(Records from a dataset)
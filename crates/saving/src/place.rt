// What stands where a file is to be saved. A link, a pipe, a device or a folder never gives way,
// nor does a file that may not be written.
ghost use Rattle.std.specs.Prelude.{◌≡◌, IfOk, IfSome, None};
ghost use Rattle.system.specs.Counts.{IsPrefixLen};

use std::fs::OpenFile;
use std::io::{Error, ErrorKind, Read, Seek, SeekFrom};
use std::rt::Files;
use system::{PATH_ROOM, is_link, open_update, read_full};
use talk::complain;

// Something stands there that never gives way; a line has said so.
#[derive(Clone, Copy)]
pub struct Forbidden;

// Says in a line why the system did not let a file be written.
pub fn complain_of_writing(rt: &impl Print, path: &[u8], error: Error) {
    match error.kind() {
        ErrorKind::NotFound | ErrorKind::NotADirectory => {
            complain(rt, path, b"there is no such folder");
        }
        ErrorKind::PermissionDenied | ErrorKind::ReadOnlyFilesystem => {
            complain(rt, path, b"it may not be written");
        }
        ErrorKind::IsADirectory => complain(rt, path, b"it is a folder"),
        _ => complain(rt, path, b"it cannot be written"),
    }
}

// Reads the open file from its start. A pipe has no end to go to; a file of which less was read
// than there is may hold anything behind that.
fn read_there(
    rt: &impl Print,
    file: &mut (impl Read + Seek),
    path: &[u8],
    out: &mut [u8],
) -> Result<usize, Forbidden>
    ensures { IfOk result (λ n. IsPrefixLen n out.new) }
{
    let Ok(end) = file.seek(SeekFrom::End(0)) else {
        complain(rt, path, b"it is no regular file");
        return Err(Forbidden);
    };
    let _ = file.seek(SeekFrom::Start(0));
    let (Ok(n) | Err(n)) = read_full(file, out);
    if n < out.len() && n as u64 != end {
        complain(rt, path, b"it cannot be read");
        return Err(Forbidden);
    }
    Ok(n)
}

// Reads what stands at the path, as far as there is room for it, and gives how many of its bytes stand
// at the start of the buffer; none where there is no file, so that one can be made. The file is opened
// for writing too, which does not wait where it is a pipe. Where it never gives way a line says so.
pub fn look_at(
    rt: &(impl Files + Print),
    path: &[u8],
    out: &mut [u8],
) -> Result<Option<usize>, Forbidden>
    ensures { IfOk result (λ there. IfSome there (λ n. IsPrefixLen n out.new)) }
{
    if PATH_ROOM <= path.len() {
        complain(rt, path, b"its name is too long");
        return Err(Forbidden);
    }
    if is_link(rt, path) {
        complain(rt, path, b"it is a link");
        return Err(Forbidden);
    }
    match open_update(rt, path) {
        Ok(mut file) => Ok(Some(read_there(rt, &mut file, path, out)?)),
        Err(error) if error.kind() == ErrorKind::NotFound => Ok(None),
        Err(error) => {
            complain_of_writing(rt, path, error);
            Err(Forbidden)
        }
    }
}

// Whether the open file is a regular one. The system is asked to cut it at the length that it has,
// which it does for regular files only.
fn is_cut(file: &mut (impl Seek + OpenFile)) -> bool {
    match file.seek(SeekFrom::End(0)) {
        Ok(size) => file.set_len(size).is_ok(),
        Err(_) => false,
    }
}

// Whether the path is that of a regular file.
pub fn is_regular(rt: &impl Files, path: &[u8]) -> bool {
    match open_update(rt, path) {
        Ok(mut file) => is_cut(&mut file),
        Err(_) => false,
    }
}
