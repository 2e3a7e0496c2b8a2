// What a program's arguments say of the file that it saves.
ghost use Rattle.std.specs.Prelude.{IfSome};
ghost use Rattle.system.specs.Counts.{IsPrefixLen};

use std::env::FillError;
use std::rt::Env;
use system::{arg, arg_count};
use talk::print;

// Whether the last argument is `--replace`. `must` arguments stand before it, the program's own
// name among them.
pub fn is_replacing(rt: &impl Env, must: usize) -> bool {
    let count = arg_count(rt);
    if count <= must {
        return false;
    }
    let mut word = [0u8; 16];
    let n = arg(rt, count - 1, &mut word);
    &word[..n] == b"--replace".as_slice()
}

// Whether there are `must` arguments, and behind them at most `--replace`.
pub fn is_right(rt: &impl Env, must: usize) -> bool {
    match arg_count(rt).checked_sub(must) {
        Some(0) => true,
        Some(1) => is_replacing(rt, must),
        _ => false,
    }
}

// Puts the path that an argument names at the start of out, and gives its length; none where it is too
// long: a line says so. A missing argument names the path of no bytes.
pub fn take_path(rt: &(impl Env + Print), i: usize, out: &mut [u8]) -> Option<usize>
    ensures { IfSome result (λ n. IsPrefixLen n out.new) }
{
    match rt.arg(i, out) {
        Ok(n) => Some(n),
        Err(FillError::NotPresent) => Some(0),
        Err(FillError::TooLong) => {
            print(rt, b"bad file: its name is too long\n");
            None
        }
    }
}
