// Saving a book. An empty file gives way to it, and so does the same book; another book only where
// the call says `--replace`, and what is no book never: a slip in a file's name must not cost
// anybody a file, nor a crew its book.
use crate::argument::take_path;
use crate::place::look_at;
use crate::save::save_file;
use book::read_book;
use std::rt::{Env, Files};
use system::PATH_ROOM;
use talk::{BOOK_ROOM, complain};

// Whether the bytes that stand at the path give way to the book. Where they do not a line says so.
fn gives_way(rt: &impl Print, path: &[u8], old: &[u8], book: &[u8], is_replacing: bool) -> bool {
    if old.is_empty() {
        return true;
    }
    if read_book(old).is_err() {
        complain(rt, path, b"it is there and is no book");
        return false;
    }
    if is_replacing || old == book {
        return true;
    }
    complain(rt, path, b"it is another book; see --replace");
    false
}

// Saves the book at the path where what stands there gives way.
fn save_at(rt: &(impl Files + Print), path: &[u8], book: &[u8], is_replacing: bool) -> bool {
    let mut old = [0u8; BOOK_ROOM];
    let Ok(there) = look_at(rt, path, &mut old) else {
        return false;
    };
    let n = there.unwrap_or(0);
    gives_way(rt, path, &old[..n], book, is_replacing) && save_file(rt, path, there.is_some(), book)
}

// Saves the book in the file that an argument names, and gives whether it is saved; where it is not
// a line says so.
pub fn save_book(
    rt: &(impl Env + Files + Print),
    i: usize,
    book: &[u8],
    is_replacing: bool,
) -> bool {
    let mut path = [0u8; PATH_ROOM];
    let Some(n) = take_path(rt, i, &mut path) else {
        return false;
    };
    save_at(rt, &path[..n], book, is_replacing)
}
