// Two crews, one log: two books are joined into one, the second book's atoms and rules numbered on
// after the first's, and the log is told which of the two has a reading. Stands on walk, closing,
// book and meaning.
#![tactic(auto)]

mod answer;
mod lay;
mod one_book;
mod one_log;

pub use answer::{Logged, Unjoined, Unlogged};
pub use one_book::join;
pub use one_log::log;
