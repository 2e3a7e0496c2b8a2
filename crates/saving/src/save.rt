// Saving a file whole or not at all: the bytes go to a new file beside it, which then takes its
// name. Whatever fails, a file that was there before stays as it was.
ghost use Rattle.std.specs.Prelude.{◌≡◌, ◌+◌, ◌≤◌, length, take};
ghost use Rattle.system.specs.Counts.{IsPrefixLen};
ghost use Rattle.saving.specs.NewName.{new_name};

use crate::place::{complain_of_writing, is_regular};
use std::fs::OpenFile;
use std::io::{Error, ErrorKind, Write};
use std::rt::Files;
use system::{PATH_ROOM, create, remove, rename};
use talk::complain;

// Puts the path and `.new` at the start of out, and gives how many bytes that is.
fn put_new_name(path: &[u8], out: &mut [u8]) -> usize
    requires { length path.now + 4 ≤ length out.old }
    ensures out_after { take result out.new ≡ new_name path.now }
    ensures prefix_len { IsPrefixLen result out.new }
{
    let n = path.len();
    out[..n].copy_from_slice(path);
    out[n..n + 4].copy_from_slice(b".new");
    n + 4
}

// Writes all bytes and waits until they are on the disk, and gives whether that went well.
fn write_whole(file: &mut (impl Write + OpenFile), bytes: &[u8]) -> bool {
    let is_written = file.write_all(bytes).is_ok();
    let is_kept = file.sync_all().is_ok();
    is_written && is_kept
}

// Says in a line why the new file cannot be made.
fn complain_of_making(rt: &impl Print, path: &[u8], new: &[u8], error: Error) {
    if error.kind() == ErrorKind::AlreadyExists {
        let why = b"a program that was ended left it, or one is writing it; remove it if none runs";
        complain(rt, new, why);
        return;
    }
    complain_of_writing(rt, path, error);
}

// Makes the new file, writes all bytes to it and closes it, and gives whether it was written whole;
// none where it cannot be made: a line says so.
fn write_new(rt: &(impl Files + Print), path: &[u8], new: &[u8], bytes: &[u8]) -> Option<bool> {
    match create(rt, new) {
        Ok(mut file) => Some(write_whole(&mut file, bytes)),
        Err(error) => {
            complain_of_making(rt, path, new, error);
            None
        }
    }
}

// Writes the bytes to the new file, which then takes the path's name.
fn replace(rt: &(impl Files + Print), path: &[u8], new: &[u8], bytes: &[u8]) -> bool {
    let Some(is_whole) = write_new(rt, path, new, bytes) else {
        return false;
    };
    if is_whole && rename(rt, new, path).is_ok() {
        return true;
    }
    let _ = remove(rt, new);
    complain(rt, path, b"it cannot be written");
    false
}

// Saves the bytes at the path, and gives whether that went well; where it did not a line says so.
// `is_there` tells whether a file stands there that gives way.
pub fn save_file(rt: &(impl Files + Print), path: &[u8], is_there: bool, bytes: &[u8]) -> bool {
    if PATH_ROOM < path.len() {
        complain(rt, path, b"its name is too long");
        return false;
    }
    if is_there && !is_regular(rt, path) {
        complain(rt, path, b"it is no regular file");
        return false;
    }
    let mut name = [0u8; 4100];
    let m = put_new_name(path, &mut name);
    replace(rt, path, &name[..m], bytes)
}
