// Shows the rules of a book in words, one a line, so that one sees that the bytes are the rules
// agreed on; then how many atoms there are, and which have no rule. A damaged book is refused with
// its number and place. Of rules in words and of a grounder's text each atom is shown by its name and
// number.
//
//     showing BOOKFILE
//     showing --words WORDSFILE
//     showing --text TEXTFILE
#![tactic(auto)]

mod atoms;

use atoms::show_atoms;
use book::ReadBook;
use calling::{open_book, shift};
use meaning::RuleNo;
use system::arg_count;
use talk::{BOOK_ROOM, NAMES_ROOM, explain_book, print, show_rule};

// Writes a line for each rule, or that there is none.
fn show_rules(rt: &impl Print, book: &ReadBook, names: &[u8]) {
    if book.shape.rules == 0 {
        print(rt, b"no rules\n");
    }
    for r in 0..book.shape.rules {
        show_rule(rt, book, RuleNo(r), b"", names);
    }
}

// Writes what stands in a good book, or why the bytes are none.
fn show_book(rt: &impl Print, bytes: &[u8], names: &[u8]) {
    match ReadBook::read(bytes) {
        Ok(book) => {
            show_rules(rt, &book, names);
            show_atoms(rt, &book, names);
        }
        Err(why) => explain_book(rt, why, bytes),
    }
}

fn main(rt: HostRuntime) {
    let mut book = [0u8; BOOK_ROOM];
    let mut names = [0u8; NAMES_ROOM];
    let is_right = arg_count(&rt) == 2 + shift(&rt);
    let usage = b"showing BOOKFILE";
    if let Some(opened) = open_book(&rt, is_right, usage, &mut book, &mut names) {
        show_book(&rt, opened.book, opened.names);
    }
}
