// Writes the paper that an atom is certain, for a book, where there is one. Nothing is written on a
// refusal, and a paper file that was there before stays as it was.
//
//     naming BOOKFILE ATOM PAPERFILE [LIMIT] [--replace]
#![tactic(auto)]

use meaning::Kind;

fn main(rt: HostRuntime) {
    filing::file_paper(&rt, Kind::Naming);
}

Task to complete:
Among the entries above, how many lines include the word "well"? Give the number with no comment.

Solution for this problem:
2